• _GOAL OF THE EXERCISE_:
Type out every line of the data again, exactly.

"""

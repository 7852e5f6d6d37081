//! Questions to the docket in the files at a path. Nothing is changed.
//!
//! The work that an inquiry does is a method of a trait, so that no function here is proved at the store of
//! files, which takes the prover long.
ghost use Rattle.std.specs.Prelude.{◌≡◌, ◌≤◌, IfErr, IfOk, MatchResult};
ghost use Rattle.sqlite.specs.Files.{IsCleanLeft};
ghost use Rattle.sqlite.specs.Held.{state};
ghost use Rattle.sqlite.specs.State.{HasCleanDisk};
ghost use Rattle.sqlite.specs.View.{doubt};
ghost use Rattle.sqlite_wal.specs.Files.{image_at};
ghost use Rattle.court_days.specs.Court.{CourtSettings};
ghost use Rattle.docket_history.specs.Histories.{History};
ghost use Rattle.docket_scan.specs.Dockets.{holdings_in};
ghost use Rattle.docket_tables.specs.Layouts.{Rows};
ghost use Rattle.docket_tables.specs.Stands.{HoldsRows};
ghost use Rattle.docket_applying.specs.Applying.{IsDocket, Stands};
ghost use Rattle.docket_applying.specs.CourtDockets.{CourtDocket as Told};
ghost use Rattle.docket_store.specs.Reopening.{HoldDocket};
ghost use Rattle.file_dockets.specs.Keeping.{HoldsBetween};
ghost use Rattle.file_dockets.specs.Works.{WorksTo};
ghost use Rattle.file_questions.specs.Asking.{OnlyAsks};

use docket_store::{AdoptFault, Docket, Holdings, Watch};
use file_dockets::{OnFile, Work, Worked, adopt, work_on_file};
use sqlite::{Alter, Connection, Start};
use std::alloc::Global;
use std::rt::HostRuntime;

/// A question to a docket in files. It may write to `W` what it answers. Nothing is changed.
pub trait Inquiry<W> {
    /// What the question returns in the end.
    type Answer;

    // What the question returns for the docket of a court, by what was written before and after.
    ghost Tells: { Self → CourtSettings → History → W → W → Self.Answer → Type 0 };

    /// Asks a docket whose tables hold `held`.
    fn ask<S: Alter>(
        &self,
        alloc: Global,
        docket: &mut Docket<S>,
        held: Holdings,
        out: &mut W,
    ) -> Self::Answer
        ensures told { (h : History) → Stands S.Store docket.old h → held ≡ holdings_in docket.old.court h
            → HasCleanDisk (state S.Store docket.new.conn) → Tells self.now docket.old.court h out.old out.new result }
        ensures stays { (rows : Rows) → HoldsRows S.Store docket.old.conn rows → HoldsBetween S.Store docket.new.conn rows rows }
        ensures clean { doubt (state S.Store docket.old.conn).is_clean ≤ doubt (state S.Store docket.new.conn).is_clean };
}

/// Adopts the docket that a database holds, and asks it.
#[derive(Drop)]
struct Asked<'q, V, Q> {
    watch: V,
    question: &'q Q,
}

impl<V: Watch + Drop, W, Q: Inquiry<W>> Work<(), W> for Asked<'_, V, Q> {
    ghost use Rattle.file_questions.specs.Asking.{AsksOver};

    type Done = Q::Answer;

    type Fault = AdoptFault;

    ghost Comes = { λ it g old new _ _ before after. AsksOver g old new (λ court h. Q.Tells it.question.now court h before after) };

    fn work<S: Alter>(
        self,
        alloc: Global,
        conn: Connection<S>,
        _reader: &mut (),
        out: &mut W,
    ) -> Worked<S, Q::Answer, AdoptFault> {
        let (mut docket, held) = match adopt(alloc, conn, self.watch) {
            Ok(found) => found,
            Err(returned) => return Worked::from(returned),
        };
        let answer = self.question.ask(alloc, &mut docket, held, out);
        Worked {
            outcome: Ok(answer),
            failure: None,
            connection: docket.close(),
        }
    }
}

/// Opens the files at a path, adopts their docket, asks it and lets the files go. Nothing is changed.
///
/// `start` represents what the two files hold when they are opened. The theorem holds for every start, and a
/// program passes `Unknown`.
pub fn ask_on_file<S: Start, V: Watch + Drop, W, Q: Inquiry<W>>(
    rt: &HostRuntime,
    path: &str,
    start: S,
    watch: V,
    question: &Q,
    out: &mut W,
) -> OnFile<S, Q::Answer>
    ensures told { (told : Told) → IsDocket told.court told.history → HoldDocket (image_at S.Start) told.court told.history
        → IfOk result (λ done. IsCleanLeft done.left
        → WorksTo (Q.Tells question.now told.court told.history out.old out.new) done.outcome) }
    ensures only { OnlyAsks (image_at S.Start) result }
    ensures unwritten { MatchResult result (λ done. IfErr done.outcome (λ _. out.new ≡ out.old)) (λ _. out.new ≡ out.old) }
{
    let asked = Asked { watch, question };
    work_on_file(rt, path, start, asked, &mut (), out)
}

"""

• _ANSWER SPACE_:
repository 7852e5f6d6d37081
//! Questions to the docket in the files at a path. Nothing is changed.
//!
//! The work that an inquiry does is a method of a trait, so that no function here is proved at the store of
//! files, which takes the prover long.
ghost use Rattle.std.specs.Prelude.{◌≡◌, ◌≤◌, IfErr, IfOk, MatchResult};
ghost use Rattle.sqlite.specs.Files.{IsCleanLeft};
ghost use Rattle.sqlite.specs.Held.{state};
ghost use Rattle.sqlite.specs.State.{HasCleanDisk};
ghost use Rattle.sqlite.specs.View.{doubt};
ghost use Rattle.sqlite_wal.specs.Files.{image_at};
ghost use Rattle.court_days.specs.Court.{CourtSettings};
ghost use Rattle.docket_history.specs.Histories.{History};
ghost use Rattle.docket_scan.specs.Dockets.{holdings_in};
ghost use Rattle.docket_tables.specs.Layouts.{Rows};
ghost use Rattle.docket_tables.specs.Stands.{HoldsRows};
ghost use Rattle.docket_applying.specs.Applying.{IsDocket, Stands};
ghost use Rattle.docket_applying.specs.CourtDockets.{CourtDocket as Told};
ghost use Rattle.docket_store.specs.Reopening.{HoldDocket};
ghost use Rattle.file_dockets.specs.Keeping.{HoldsBetween};
ghost use Rattle.file_dockets.specs.Works.{WorksTo};
ghost use Rattle.file_questions.specs.Asking.{OnlyAsks};

use docket_store::{AdoptFault, Docket, Holdings, Watch};
use file_dockets::{OnFile, Work, Worked, adopt, work_on_file};
use sqlite::{Alter, Connection, Start};
use std::alloc::Global;
use std::rt::HostRuntime;

/// A question to a docket in files. It may write to `W` what it answers. Nothing is changed.
pub trait Inquiry<W> {
    /// What the question returns in the end.
    type Answer;

    // What the question returns for the docket of a court, by what was written before and after.
    ghost Tells: { Self → CourtSettings → History → W → W → Self.Answer → Type 0 };

    /// Asks a docket whose tables hold `held`.
    fn ask<S: Alter>(
        &self,
        alloc: Global,
        docket: &mut Docket<S>,
        held: Holdings,
        out: &mut W,
    ) -> Self::Answer
        ensures told { (h : History) → Stands S.Store docket.old h → held ≡ holdings_in docket.old.court h
            → HasCleanDisk (state S.Store docket.new.conn) → Tells self.now docket.old.court h out.old out.new result }
        ensures stays { (rows : Rows) → HoldsRows S.Store docket.old.conn rows → HoldsBetween S.Store docket.new.conn rows rows }
        ensures clean { doubt (state S.Store docket.old.conn).is_clean ≤ doubt (state S.Store docket.new.conn).is_clean };
}

/// Adopts the docket that a database holds, and asks it.
#[derive(Drop)]
struct Asked<'q, V, Q> {
    watch: V,
    question: &'q Q,
}

impl<V: Watch + Drop, W, Q: Inquiry<W>> Work<(), W> for Asked<'_, V, Q> {
    ghost use Rattle.file_questions.specs.Asking.{AsksOver};

    type Done = Q::Answer;

    type Fault = AdoptFault;

    ghost Comes = { λ it g old new _ _ before after. AsksOver g old new (λ court h. Q.Tells it.question.now court h before after) };

    fn work<S: Alter>(
        self,
        alloc: Global,
        conn: Connection<S>,
        _reader: &mut (),
        out: &mut W,
    ) -> Worked<S, Q::Answer, AdoptFault> {
        let (mut docket, held) = match adopt(alloc, conn, self.watch) {
            Ok(found) => found,
            Err(returned) => return Worked::from(returned),
        };
        let answer = self.question.ask(alloc, &mut docket, held, out);
        Worked {
            outcome: Ok(answer),
            failure: None,
            connection: docket.close(),
        }
    }
}

/// Opens the files at a path, adopts their docket, asks it and lets the files go. Nothing is changed.
///
/// `start` represents what the two files hold when they are opened. The theorem holds for every start, and a
/// program passes `Unknown`.
pub fn ask_on_file<S: Start, V: Watch + Drop, W, Q: Inquiry<W>>(
    rt: &HostRuntime,
    path: &str,
    start: S,
    watch: V,
    question: &Q,
    out: &mut W,
) -> OnFile<S, Q::Answer>
    ensures told { (told : Told) → IsDocket told.court told.history → HoldDocket (image_at S.Start) told.court told.history
        → IfOk result (λ done. IsCleanLeft done.left
        → WorksTo (Q.Tells question.now told.court told.history out.old out.new) done.outcome) }
    ensures only { OnlyAsks (image_at S.Start) result }
    ensures unwritten { MatchResult result (λ done. IfErr done.outcome (λ _. out.new ≡ out.old)) (λ _. out.new ≡ out.old) }
{
    let asked = Asked { watch, question };
    work_on_file(rt, path, start, asked, &mut (), out)
}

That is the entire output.